- **Problem details**
Could you return each line of the material that has "Appends" in it?

- **Available data**
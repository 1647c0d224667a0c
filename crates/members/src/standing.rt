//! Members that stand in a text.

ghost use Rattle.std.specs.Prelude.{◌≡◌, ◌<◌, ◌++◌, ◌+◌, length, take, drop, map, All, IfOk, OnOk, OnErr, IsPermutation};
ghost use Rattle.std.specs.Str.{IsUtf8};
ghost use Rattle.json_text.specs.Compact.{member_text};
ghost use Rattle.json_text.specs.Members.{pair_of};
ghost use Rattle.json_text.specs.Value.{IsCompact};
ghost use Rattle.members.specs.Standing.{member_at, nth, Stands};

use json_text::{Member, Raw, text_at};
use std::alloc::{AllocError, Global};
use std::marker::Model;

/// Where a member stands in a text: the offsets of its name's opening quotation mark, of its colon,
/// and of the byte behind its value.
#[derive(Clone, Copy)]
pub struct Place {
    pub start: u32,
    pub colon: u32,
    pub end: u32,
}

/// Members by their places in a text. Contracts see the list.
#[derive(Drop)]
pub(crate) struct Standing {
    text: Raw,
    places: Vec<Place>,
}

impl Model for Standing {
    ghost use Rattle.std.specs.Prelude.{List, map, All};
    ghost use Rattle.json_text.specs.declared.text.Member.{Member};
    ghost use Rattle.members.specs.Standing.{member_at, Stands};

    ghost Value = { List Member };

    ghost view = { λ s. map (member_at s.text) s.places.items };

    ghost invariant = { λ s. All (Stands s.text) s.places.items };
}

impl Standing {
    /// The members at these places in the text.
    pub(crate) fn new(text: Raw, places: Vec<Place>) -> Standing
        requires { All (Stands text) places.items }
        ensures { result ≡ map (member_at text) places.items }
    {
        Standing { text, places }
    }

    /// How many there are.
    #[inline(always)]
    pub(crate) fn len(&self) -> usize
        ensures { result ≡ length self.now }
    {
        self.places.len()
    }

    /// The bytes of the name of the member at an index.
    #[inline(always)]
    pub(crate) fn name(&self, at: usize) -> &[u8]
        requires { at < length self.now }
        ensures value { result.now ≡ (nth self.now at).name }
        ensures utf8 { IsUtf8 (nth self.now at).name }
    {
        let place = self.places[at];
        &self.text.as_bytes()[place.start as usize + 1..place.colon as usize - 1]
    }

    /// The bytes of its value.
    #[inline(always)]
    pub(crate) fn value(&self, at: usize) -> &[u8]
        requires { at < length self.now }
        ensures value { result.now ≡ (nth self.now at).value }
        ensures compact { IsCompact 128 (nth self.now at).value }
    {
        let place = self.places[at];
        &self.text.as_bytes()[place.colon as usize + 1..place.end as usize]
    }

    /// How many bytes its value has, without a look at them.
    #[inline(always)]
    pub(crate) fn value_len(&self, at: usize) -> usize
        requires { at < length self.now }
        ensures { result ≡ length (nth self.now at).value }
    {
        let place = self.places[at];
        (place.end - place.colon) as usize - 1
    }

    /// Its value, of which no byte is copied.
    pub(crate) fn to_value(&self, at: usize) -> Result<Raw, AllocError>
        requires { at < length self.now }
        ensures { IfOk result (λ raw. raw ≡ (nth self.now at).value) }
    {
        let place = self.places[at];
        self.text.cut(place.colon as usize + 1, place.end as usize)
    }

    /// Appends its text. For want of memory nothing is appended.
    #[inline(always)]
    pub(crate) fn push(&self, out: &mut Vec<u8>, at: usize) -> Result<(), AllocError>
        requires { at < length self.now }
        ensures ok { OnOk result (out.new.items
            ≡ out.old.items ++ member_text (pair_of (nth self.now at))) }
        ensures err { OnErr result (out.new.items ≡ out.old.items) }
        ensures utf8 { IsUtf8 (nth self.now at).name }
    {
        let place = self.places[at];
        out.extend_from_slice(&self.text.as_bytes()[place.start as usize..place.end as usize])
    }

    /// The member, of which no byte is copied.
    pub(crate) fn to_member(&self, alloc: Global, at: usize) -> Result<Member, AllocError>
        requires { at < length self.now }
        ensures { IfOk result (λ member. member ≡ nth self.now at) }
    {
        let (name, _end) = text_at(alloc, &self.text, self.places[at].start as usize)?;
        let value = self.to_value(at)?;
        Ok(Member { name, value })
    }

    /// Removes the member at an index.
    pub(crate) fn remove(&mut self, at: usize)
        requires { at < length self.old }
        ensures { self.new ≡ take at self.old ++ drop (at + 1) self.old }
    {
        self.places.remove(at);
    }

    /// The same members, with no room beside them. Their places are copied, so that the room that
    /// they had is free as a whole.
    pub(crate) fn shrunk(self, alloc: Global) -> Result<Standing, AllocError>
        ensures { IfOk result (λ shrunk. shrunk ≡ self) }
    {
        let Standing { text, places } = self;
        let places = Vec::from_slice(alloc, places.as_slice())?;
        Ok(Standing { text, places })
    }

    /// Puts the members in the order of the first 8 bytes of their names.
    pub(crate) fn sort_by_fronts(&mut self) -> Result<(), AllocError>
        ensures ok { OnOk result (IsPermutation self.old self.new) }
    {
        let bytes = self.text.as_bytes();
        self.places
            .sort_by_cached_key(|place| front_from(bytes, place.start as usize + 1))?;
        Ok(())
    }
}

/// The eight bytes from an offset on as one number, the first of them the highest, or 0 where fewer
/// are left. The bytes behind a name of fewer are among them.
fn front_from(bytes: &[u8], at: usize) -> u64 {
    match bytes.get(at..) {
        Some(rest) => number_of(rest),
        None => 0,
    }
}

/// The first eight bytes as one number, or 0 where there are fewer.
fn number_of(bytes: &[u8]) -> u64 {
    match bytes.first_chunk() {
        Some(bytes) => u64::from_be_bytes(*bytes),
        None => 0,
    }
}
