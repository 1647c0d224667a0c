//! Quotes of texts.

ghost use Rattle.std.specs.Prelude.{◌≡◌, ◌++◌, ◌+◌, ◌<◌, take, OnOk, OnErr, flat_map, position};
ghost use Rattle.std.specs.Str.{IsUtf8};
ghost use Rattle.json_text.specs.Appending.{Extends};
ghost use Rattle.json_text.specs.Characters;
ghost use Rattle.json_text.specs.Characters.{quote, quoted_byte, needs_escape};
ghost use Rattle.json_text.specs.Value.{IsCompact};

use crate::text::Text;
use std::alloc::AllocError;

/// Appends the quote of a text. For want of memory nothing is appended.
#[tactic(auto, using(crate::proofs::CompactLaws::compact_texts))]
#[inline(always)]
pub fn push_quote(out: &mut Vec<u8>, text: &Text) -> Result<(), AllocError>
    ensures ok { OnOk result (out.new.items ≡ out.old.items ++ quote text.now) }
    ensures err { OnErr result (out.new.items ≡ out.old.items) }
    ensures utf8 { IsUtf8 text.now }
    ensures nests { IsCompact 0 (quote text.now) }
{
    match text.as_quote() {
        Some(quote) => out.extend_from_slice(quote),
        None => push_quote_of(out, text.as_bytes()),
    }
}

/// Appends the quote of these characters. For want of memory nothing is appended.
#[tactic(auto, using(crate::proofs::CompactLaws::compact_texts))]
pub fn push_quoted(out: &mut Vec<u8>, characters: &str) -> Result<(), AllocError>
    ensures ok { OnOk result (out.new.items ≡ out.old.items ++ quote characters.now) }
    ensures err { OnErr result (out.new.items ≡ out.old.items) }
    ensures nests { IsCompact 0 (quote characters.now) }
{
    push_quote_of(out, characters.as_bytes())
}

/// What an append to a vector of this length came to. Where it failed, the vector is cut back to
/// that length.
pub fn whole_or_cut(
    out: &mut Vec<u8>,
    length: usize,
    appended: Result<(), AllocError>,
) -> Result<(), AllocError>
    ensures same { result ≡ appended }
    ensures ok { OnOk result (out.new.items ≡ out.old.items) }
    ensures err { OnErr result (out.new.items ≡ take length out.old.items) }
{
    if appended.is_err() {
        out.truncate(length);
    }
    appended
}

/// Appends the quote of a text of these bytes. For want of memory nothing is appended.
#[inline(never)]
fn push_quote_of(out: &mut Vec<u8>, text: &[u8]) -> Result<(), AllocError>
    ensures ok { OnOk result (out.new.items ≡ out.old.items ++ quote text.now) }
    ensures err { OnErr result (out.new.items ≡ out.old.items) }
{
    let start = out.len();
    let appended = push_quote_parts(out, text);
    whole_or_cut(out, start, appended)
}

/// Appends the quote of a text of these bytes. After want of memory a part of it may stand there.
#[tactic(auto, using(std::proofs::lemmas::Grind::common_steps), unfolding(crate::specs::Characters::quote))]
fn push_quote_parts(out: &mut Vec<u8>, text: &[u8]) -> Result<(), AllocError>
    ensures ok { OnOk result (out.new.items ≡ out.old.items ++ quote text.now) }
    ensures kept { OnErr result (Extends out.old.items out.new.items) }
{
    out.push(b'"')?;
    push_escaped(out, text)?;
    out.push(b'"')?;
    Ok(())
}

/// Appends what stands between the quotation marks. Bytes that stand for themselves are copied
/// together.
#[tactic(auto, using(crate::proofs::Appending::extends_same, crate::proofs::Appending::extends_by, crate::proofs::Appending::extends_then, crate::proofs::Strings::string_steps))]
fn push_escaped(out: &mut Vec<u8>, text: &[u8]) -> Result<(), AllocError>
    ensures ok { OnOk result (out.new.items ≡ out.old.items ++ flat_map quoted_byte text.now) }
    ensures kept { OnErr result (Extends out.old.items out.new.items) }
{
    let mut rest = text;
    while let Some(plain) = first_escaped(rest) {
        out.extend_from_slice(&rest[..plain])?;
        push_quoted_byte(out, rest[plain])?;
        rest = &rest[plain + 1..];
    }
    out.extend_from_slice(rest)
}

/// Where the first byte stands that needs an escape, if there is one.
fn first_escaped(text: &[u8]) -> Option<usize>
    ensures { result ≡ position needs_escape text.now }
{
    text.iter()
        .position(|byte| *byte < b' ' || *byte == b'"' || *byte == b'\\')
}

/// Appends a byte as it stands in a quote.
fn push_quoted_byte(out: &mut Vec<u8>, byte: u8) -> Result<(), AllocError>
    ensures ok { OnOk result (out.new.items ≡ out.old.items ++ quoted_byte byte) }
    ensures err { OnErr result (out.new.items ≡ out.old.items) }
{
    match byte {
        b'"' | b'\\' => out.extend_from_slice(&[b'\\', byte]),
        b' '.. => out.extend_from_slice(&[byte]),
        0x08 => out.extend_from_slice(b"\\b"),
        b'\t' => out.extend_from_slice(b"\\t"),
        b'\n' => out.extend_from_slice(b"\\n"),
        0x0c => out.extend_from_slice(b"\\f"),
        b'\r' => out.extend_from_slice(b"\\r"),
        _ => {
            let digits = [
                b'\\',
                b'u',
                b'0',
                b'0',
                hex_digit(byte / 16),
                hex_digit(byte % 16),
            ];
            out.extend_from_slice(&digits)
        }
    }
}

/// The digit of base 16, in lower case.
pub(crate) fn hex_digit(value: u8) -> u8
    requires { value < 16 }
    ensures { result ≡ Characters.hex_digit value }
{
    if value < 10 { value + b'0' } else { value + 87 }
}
==
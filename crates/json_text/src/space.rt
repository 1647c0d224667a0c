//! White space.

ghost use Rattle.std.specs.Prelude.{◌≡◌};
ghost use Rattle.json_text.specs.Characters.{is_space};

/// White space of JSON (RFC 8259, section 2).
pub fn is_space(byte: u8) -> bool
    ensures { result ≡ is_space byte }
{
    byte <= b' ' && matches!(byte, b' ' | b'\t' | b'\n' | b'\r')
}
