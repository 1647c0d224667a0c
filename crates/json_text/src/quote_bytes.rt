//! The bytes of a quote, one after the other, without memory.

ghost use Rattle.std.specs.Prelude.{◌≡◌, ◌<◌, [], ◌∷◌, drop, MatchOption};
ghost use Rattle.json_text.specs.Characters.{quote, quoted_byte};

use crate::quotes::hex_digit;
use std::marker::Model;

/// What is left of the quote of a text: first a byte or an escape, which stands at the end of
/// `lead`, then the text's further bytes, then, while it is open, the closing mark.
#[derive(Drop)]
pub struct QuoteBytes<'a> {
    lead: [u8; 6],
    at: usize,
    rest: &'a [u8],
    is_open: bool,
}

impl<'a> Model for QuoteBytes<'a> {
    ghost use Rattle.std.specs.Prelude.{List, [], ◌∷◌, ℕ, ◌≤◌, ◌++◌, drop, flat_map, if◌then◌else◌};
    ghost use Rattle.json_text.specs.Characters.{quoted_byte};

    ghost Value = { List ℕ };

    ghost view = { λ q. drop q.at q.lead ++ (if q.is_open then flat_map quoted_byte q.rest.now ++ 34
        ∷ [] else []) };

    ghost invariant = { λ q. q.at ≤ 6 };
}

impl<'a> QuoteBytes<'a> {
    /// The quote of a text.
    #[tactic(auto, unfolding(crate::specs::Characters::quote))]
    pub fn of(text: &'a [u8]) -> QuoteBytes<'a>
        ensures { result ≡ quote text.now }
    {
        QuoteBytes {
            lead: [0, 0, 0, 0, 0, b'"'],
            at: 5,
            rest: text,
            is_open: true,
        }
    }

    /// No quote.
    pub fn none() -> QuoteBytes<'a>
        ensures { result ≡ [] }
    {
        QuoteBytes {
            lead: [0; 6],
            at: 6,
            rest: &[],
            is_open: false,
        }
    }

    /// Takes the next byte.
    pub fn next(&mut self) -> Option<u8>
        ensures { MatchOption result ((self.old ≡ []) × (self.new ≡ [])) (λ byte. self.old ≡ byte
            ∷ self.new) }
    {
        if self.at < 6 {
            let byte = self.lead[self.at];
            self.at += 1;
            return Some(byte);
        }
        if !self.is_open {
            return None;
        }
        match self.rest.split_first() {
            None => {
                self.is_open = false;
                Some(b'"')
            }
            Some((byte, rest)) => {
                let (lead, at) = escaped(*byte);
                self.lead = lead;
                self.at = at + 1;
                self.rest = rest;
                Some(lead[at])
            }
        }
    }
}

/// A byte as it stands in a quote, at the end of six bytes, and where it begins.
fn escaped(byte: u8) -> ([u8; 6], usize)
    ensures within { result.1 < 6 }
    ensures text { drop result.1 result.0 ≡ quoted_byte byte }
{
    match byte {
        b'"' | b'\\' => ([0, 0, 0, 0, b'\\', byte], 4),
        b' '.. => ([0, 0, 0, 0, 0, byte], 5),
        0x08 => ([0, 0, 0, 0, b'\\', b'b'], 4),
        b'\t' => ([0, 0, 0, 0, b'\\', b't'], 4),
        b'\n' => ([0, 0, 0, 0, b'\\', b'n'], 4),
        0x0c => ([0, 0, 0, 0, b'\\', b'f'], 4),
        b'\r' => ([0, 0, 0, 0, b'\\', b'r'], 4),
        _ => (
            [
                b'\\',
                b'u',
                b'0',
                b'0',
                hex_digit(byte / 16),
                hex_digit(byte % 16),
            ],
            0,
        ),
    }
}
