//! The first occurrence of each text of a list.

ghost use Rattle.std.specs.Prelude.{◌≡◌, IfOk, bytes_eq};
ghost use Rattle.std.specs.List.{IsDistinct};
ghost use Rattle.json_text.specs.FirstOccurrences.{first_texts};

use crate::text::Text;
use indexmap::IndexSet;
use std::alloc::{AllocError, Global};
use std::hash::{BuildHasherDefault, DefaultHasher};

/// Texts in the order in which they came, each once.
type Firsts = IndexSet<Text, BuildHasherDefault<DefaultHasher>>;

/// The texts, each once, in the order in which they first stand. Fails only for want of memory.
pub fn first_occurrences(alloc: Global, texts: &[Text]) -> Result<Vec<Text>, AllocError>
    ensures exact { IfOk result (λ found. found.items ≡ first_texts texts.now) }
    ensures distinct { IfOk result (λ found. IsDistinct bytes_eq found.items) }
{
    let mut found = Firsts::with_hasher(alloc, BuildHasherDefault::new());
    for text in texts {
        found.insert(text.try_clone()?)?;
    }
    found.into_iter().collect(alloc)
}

- **Written response**
    /// Appends its text. For want of memory nothing is appended.
/// Appends the quote of a text. For want of memory nothing is appended.
/// Appends the quote of these characters. For want of memory nothing is appended.
/// Appends the quote of a text of these bytes. For want of memory nothing is appended.
/// Appends the quote of a text of these bytes. After want of memory a part of it may stand there.
/// Appends what stands between the quotation marks. Bytes that stand for themselves are copied
/// Appends a byte as it stands in a quote.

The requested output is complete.